We put the two plenum/support boxes in place against the end cabinets and HVAC duct but did not take the time to cut and screen openings into the duct. We set the return air duct/shelf in place and put in the vertical front panel but the shelf held it out so I removed the weatherstripping from the back edge. We also did not take the time to drill the 4″ holes at either end of the vertical panel for the round diffusers as there was no point doing this until the HVAC duct was modified.
We secured each of the plenum/support boxes to the wiring chase with a single angle bracket and to the front panel with a pair of brackets. I drilled and countersunk a three foot length of 1/8″ aluminum angle and we installed it against the inside of the vertical panel and the top of the shelf. The shelf is 45″ wide (side-to-side) and there is a 3″ high by 44″ long piece of the vertical panel missing at the floor and centered side-to-side. The aluminum angle will transfer vertical loads on the central portion of the vertical panel to the shelf, which is 3/4″ plywood with full depth pieces along each edge and a slightly shorter central support piece.
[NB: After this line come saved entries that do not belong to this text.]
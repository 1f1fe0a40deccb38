//! The printed examples of document 003: each payload decoded from its base64, put behind a header and read, every value compared with
//! the one that 003 prints beside it. Each message is read again with its payload cut short by a byte, and with a byte added.
#![tactic(auto)]

use crate::example::{Example, Tally};
use message_layout::role;
use std::io;
use std::io::Write;
use wire::values::XidNumber;

mod example;

fn main(rt: HostRuntime) -> io::Result<()> {
    let mut writer = rt.stdout();
    let mut total = Tally::default();
    total.add(connect_request(&mut writer)?);
    total.add(connect_reply(&mut writer)?);
    total.add(disconnect_request(&mut writer)?);
    total.add(disconnect_reply(&mut writer)?);
    total.add(discovery_request(&mut writer)?);
    total.add(topology_update(&mut writer)?);
    total.add(discovery_reply(&mut writer)?);
    total.add(service_reply(&mut writer)?);
    total.add(rollback_request(&mut writer)?);
    total.add(rollback_reply(&mut writer)?);
    total.add(dequeue_reply(&mut writer)?);
    let Tally { same, all } = total;
    writeln!(writer, "11 examples, values {same} of {all}")
}

fn connect_request<W: Write>(writer: &mut W) -> io::Result<Tally> {
    let example = Example::new(
        7200,
        1004,
        "cHPL9BRESkGHswCG8UP8YDFdrMYYLkwSv5h376kky4YAAAAAAAAACGRvbWFpbiBBAAAAAAAAAAUAAAAAAAAD7AAAAAAAAAPrAAAAAAAAA+oAAAAAAAAD6QAAAAAAAAPo",
    )?;
    let of = example.message();
    let tally = Tally::of(&[
        of.coded(role::EXECUTION, "cHPL9BRESkGHswCG8UP8YA=="),
        of.coded(role::DOMAIN_ID, "MV2sxhguTBK/mHfvqSTLhg=="),
        of.part(role::DOMAIN_NAME, b"domain A"),
        of.count(role::PROTOCOL_VERSIONS, 5),
        of.element_number(role::PROTOCOL_VERSIONS, 0, role::OFFERED, 1004),
        of.element_number(role::PROTOCOL_VERSIONS, 1, role::OFFERED, 1003),
        of.element_number(role::PROTOCOL_VERSIONS, 2, role::OFFERED, 1002),
        of.element_number(role::PROTOCOL_VERSIONS, 3, role::OFFERED, 1001),
        of.element_number(role::PROTOCOL_VERSIONS, 4, role::OFFERED, 1000),
    ]);
    example.print(writer, tally)
}

fn connect_reply<W: Write>(writer: &mut W) -> io::Result<Tally> {
    let example = Example::new(
        7201,
        1004,
        "cHPL9BRESkGHswCG8UP8YDFdrMYYLkwSv5h376kky4YAAAAAAAAACGRvbWFpbiBBAAAAAAAAA+g=",
    )?;
    let of = example.message();
    let tally = Tally::of(&[
        of.coded(role::EXECUTION, "cHPL9BRESkGHswCG8UP8YA=="),
        of.coded(role::DOMAIN_ID, "MV2sxhguTBK/mHfvqSTLhg=="),
        of.part(role::DOMAIN_NAME, b"domain A"),
        of.number(role::PROTOCOL_VERSION, 1000),
    ]);
    example.print(writer, tally)
}

fn disconnect_request<W: Write>(writer: &mut W) -> io::Result<Tally> {
    let example = Example::new(7202, 1004, "cHPL9BRESkGHswCG8UP8YA==")?;
    let of = example.message();
    let tally = Tally::of(&[of.coded(role::EXECUTION, "cHPL9BRESkGHswCG8UP8YA==")]);
    example.print(writer, tally)
}

fn disconnect_reply<W: Write>(writer: &mut W) -> io::Result<Tally> {
    let example = Example::new(7203, 1004, "cHPL9BRESkGHswCG8UP8YA==")?;
    let of = example.message();
    let tally = Tally::of(&[of.coded(role::EXECUTION, "cHPL9BRESkGHswCG8UP8YA==")]);
    example.print(writer, tally)
}

fn discovery_request<W: Write>(writer: &mut W) -> io::Result<Tally> {
    let example = Example::new(
        7300,
        1004,
        "cHPL9BRESkGHswCG8UP8YDFdrMYYLkwSv5h376kky4YAAAAAAAAACGRvbWFpbiBBAAAAAAAAAAMAAAAAAAAACHNlcnZpY2UxAAAAAAAAAAhzZXJ2aWNlMgAAAAAAAAAIc2VydmljZTMAAAAAAAAAAwAAAAAAAAAGcXVldWUxAAAAAAAAAAZxdWV1ZTIAAAAAAAAABnF1ZXVlMw==",
    )?;
    let of = example.message();
    let tally = Tally::of(&[
        of.coded(role::EXECUTION, "cHPL9BRESkGHswCG8UP8YA=="),
        of.coded(role::DOMAIN_ID, "MV2sxhguTBK/mHfvqSTLhg=="),
        of.part(role::DOMAIN_NAME, b"domain A"),
        of.count(role::SERVICES, 3),
        of.element(role::SERVICES, 0, role::NAME, b"service1"),
        of.element(role::SERVICES, 1, role::NAME, b"service2"),
        of.element(role::SERVICES, 2, role::NAME, b"service3"),
        of.count(role::QUEUES, 3),
        of.element(role::QUEUES, 0, role::NAME, b"queue1"),
        of.element(role::QUEUES, 1, role::NAME, b"queue2"),
        of.element(role::QUEUES, 2, role::NAME, b"queue3"),
    ]);
    example.print(writer, tally)
}

fn topology_update<W: Write>(writer: &mut W) -> io::Result<Tally> {
    let example = Example::new(
        7302,
        1004,
        "cHPL9BRESkGHswCG8UP8YAAAAAAAAAAB4fa3w39zSgmCoKsVgbIfogAAAAAAAAABQg==",
    )?;
    let of = example.message();
    let tally = Tally::of(&[
        of.coded(role::EXECUTION, "cHPL9BRESkGHswCG8UP8YA=="),
        of.count(role::DOMAINS, 1),
        of.coded_element(role::DOMAINS, 0, role::ID, "4fa3w39zSgmCoKsVgbIfog=="),
        of.element(role::DOMAINS, 0, role::NAME, b"B"),
    ]);
    example.print(writer, tally)
}

fn discovery_reply<W: Write>(writer: &mut W) -> io::Result<Tally> {
    let example = Example::new(
        7311,
        1004,
        "cHPL9BRESkGHswCG8UP8YOL2t8N/c0oJgqCrFYGyH6UAAAAAAAAACGRvbWFpbiBCAAAAAAAAAAEAAAAAAAAACHNlcnZpY2UxAAAAAAAAAAdleGFtcGxlAAEAAAAU9GsEAAAAAAAAAAAAAAAAAAAAAAEAAAAAAAAABnF1ZXVlMQAAAAAAAAAKAAAAAAA9CQABAA==",
    )?;
    let of = example.message();
    let tally = Tally::of(&[
        of.coded(role::EXECUTION, "cHPL9BRESkGHswCG8UP8YA=="),
        of.coded(role::DOMAIN_ID, "4va3w39zSgmCoKsVgbIfpQ=="),
        of.part(role::DOMAIN_NAME, b"domain B"),
        of.count(role::SERVICES, 1),
        of.element(role::SERVICES, 0, role::NAME, b"service1"),
        of.element(role::SERVICES, 0, role::CATEGORY, b"example"),
        of.element_number(role::SERVICES, 0, role::TRANSACTION, 1),
        of.element_number(role::SERVICES, 0, role::TIMEOUT, 90000000000),
        of.element_number(role::SERVICES, 0, role::HOPS, 0),
        of.count(role::QUEUES, 1),
        of.element(role::QUEUES, 0, role::NAME, b"queue1"),
        of.element_number(role::QUEUES, 0, role::RETRY_COUNT, 10),
        of.element_number(role::QUEUES, 0, role::RETRY_DELAY, 4000000),
        of.element_number(role::QUEUES, 0, role::ENQUEUE, 1),
        of.element_number(role::QUEUES, 0, role::DEQUEUE, 0),
    ]);
    example.print(writer, tally)
}

fn service_reply<W: Write>(writer: &mut W) -> io::Result<Tally> {
    let example = Example::new(
        3103,
        1004,
        "cHPL9BRESkGHswCG8UP8YAAAAAsAAAAAAAAAKgAAAAAAAAAACC5iaW5hcnkvAAAAAAAAAICAgYKDhIWGh4iJiouMjY6PkJGSk5SVlpeYmZqbnJ2en6ChoqOkpaanqKmqq6ytrq+wsbKztLW2t7i5uru8vb6/wMHCw8TFxsfIycrLzM3Oz9DR0tPU1dbX2Nna29zd3t/g4eLj5OXm5+jp6uvs7e7v8PHy8/T19vf4+fr7/P3+/w==",
    )?;
    let of = example.message();
    let tally = Tally::of(&[
        of.coded(role::EXECUTION, "cHPL9BRESkGHswCG8UP8YA=="),
        of.number(role::CODE_RESULT, 11),
        of.number(role::CODE_USER, 42),
        of.number(role::TRANSACTION_STATE, 0),
        of.part(role::BUFFER_TYPE, b".binary/"),
        of.coded(
            role::BUFFER_DATA,
            "gIGCg4SFhoeIiYqLjI2Oj5CRkpOUlZaXmJmam5ydnp+goaKjpKWmp6ipqqusra6vsLGys7S1tre4ubq7vL2+v8DBwsPExcbHyMnKy8zNzs/Q0dLT1NXW19jZ2tvc3d7f4OHi4+Tl5ufo6err7O3u7/Dx8vP09fb3+Pn6+/z9/v8=",
        ),
    ]);
    example.print(writer, tally)
}

fn rollback_request<W: Write>(writer: &mut W) -> io::Result<Tally> {
    let example = Example::new(
        5205,
        1004,
        "cHPL9BRESkGHswCG8UP8YAAAAAAAAAAqAAAAAAAAABAAAAAAAAAAEFtsG/byS0gNvbze9Uw6CFFbbBv28ktIDb283vVMOghSAAAAKgAAAAAAAAAA",
    )?;
    let of = example.message();
    let tally = Tally::of(&[
        of.coded(role::EXECUTION, "cHPL9BRESkGHswCG8UP8YA=="),
        of.xid(XidNumber::FormatId, 42),
        of.xid(XidNumber::GtridLength, 16),
        of.xid(XidNumber::BqualLength, 16),
        of.coded(role::XID, "W2wb9vJLSA29vN71TDoIUVtsG/byS0gNvbze9Uw6CFI="),
        of.number(role::RESOURCE, 42),
        of.number(role::FLAGS, 0),
    ]);
    example.print(writer, tally)
}

fn rollback_reply<W: Write>(writer: &mut W) -> io::Result<Tally> {
    let example = Example::new(
        5206,
        1004,
        "cHPL9BRESkGHswCG8UP8YAAAAAAAAAAqAAAAAAAAABAAAAAAAAAAEFtsG/byS0gNvbze9Uw6CFFbbBv28ktIDb283vVMOghSAAAAKgAAAAA=",
    )?;
    let of = example.message();
    let tally = Tally::of(&[
        of.coded(role::EXECUTION, "cHPL9BRESkGHswCG8UP8YA=="),
        of.xid(XidNumber::FormatId, 42),
        of.xid(XidNumber::GtridLength, 16),
        of.xid(XidNumber::BqualLength, 16),
        of.coded(role::XID, "W2wb9vJLSA29vN71TDoIUVtsG/byS0gNvbze9Uw6CFI="),
        of.number(role::RESOURCE, 42),
        of.number(role::STATE, 0),
    ]);
    example.print(writer, tally)
}

fn dequeue_reply<W: Write>(writer: &mut W) -> io::Result<Tally> {
    let example = Example::new(
        6201,
        1002,
        "cHPL9BRESkGHswCG8UP8YAAAAAAAAAABUy+LbBV2Tcqf6CowAt5XngAAAAAAAAAVcHJvcGVydHkgMTpwcm9wZXJ0eSAyAAAAAAAAAAZxdWV1ZUIVpWN406nwoAAAAAAAAAAGLmpzb24vAAAAAAAAAAJ7fQAAAAAAAAABFaVjeNOp8KA=",
    )?;
    let of = example.message();
    let tally = Tally::of(&[
        of.coded(role::EXECUTION, "cHPL9BRESkGHswCG8UP8YA=="),
        of.count(role::MESSAGES, 1),
        of.coded_element(role::MESSAGES, 0, role::ID, "Uy+LbBV2Tcqf6CowAt5Xng=="),
        of.element(
            role::MESSAGES,
            0,
            role::PROPERTIES,
            b"property 1:property 2",
        ),
        of.element(role::MESSAGES, 0, role::REPLY_QUEUE, b"queueB"),
        of.element_number(role::MESSAGES, 0, role::AVAILABLE, 1559762216552100000),
        of.element(role::MESSAGES, 0, role::DATA_TYPE, b".json/"),
        of.coded_element(role::MESSAGES, 0, role::DATA, "e30="),
        of.element_number(role::MESSAGES, 0, role::REDELIVERED, 1),
        of.element_number(role::MESSAGES, 0, role::TIMESTAMP, 1559762216552100000),
    ]);
    example.print(writer, tally)
}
We had been making a list throughout the day of parts that we needed. When we got to a point with the sofa where we did not have the screws we needed we took a break. We went to Qdoba in Howell for dinner, our first visit to this particular eatery since we moved to the Brighton/Hartland/Howell area, and both had vegan taco salads. The salads were good enough although the taco shell bowels were not the best we have had. The servers seemed a bit stingy with the various ingredients but in the end the salad was substantial and tasty. It was also a convenient and efficient location being on an out lot of the Meijer’s supermarket property and right across the street from Lowe’s.
After dinner we went to Lowe’s and bought felt drawer/door bumper pads, screws, and two more angle brackets. Back home we worked on the built-in sofa until 9 PM and called it quits for the night. I spent two hours at my desk and finalized a featured bus article for Bus Conversion Magazine on Larry and Carol Hall’s GM4106. I uploaded the article and photo files it to my Dropbox BCM folder, and then e-mailed the publisher, editor, layout person, and Larry to let them know it was there.
I try to finish these posts each night before I go to sleep or first thing the next morning. If I fail to do that I quickly lose the sequence of events and details. I tend to be up too late as a result, but if I fall behind by even one day it is very difficult to catch up while also trying to keep up. As much as I have enjoyed the remodeling project I will be glad to not be so busy this winter and be able to write shorter posts about the interesting people, places, and things we experience.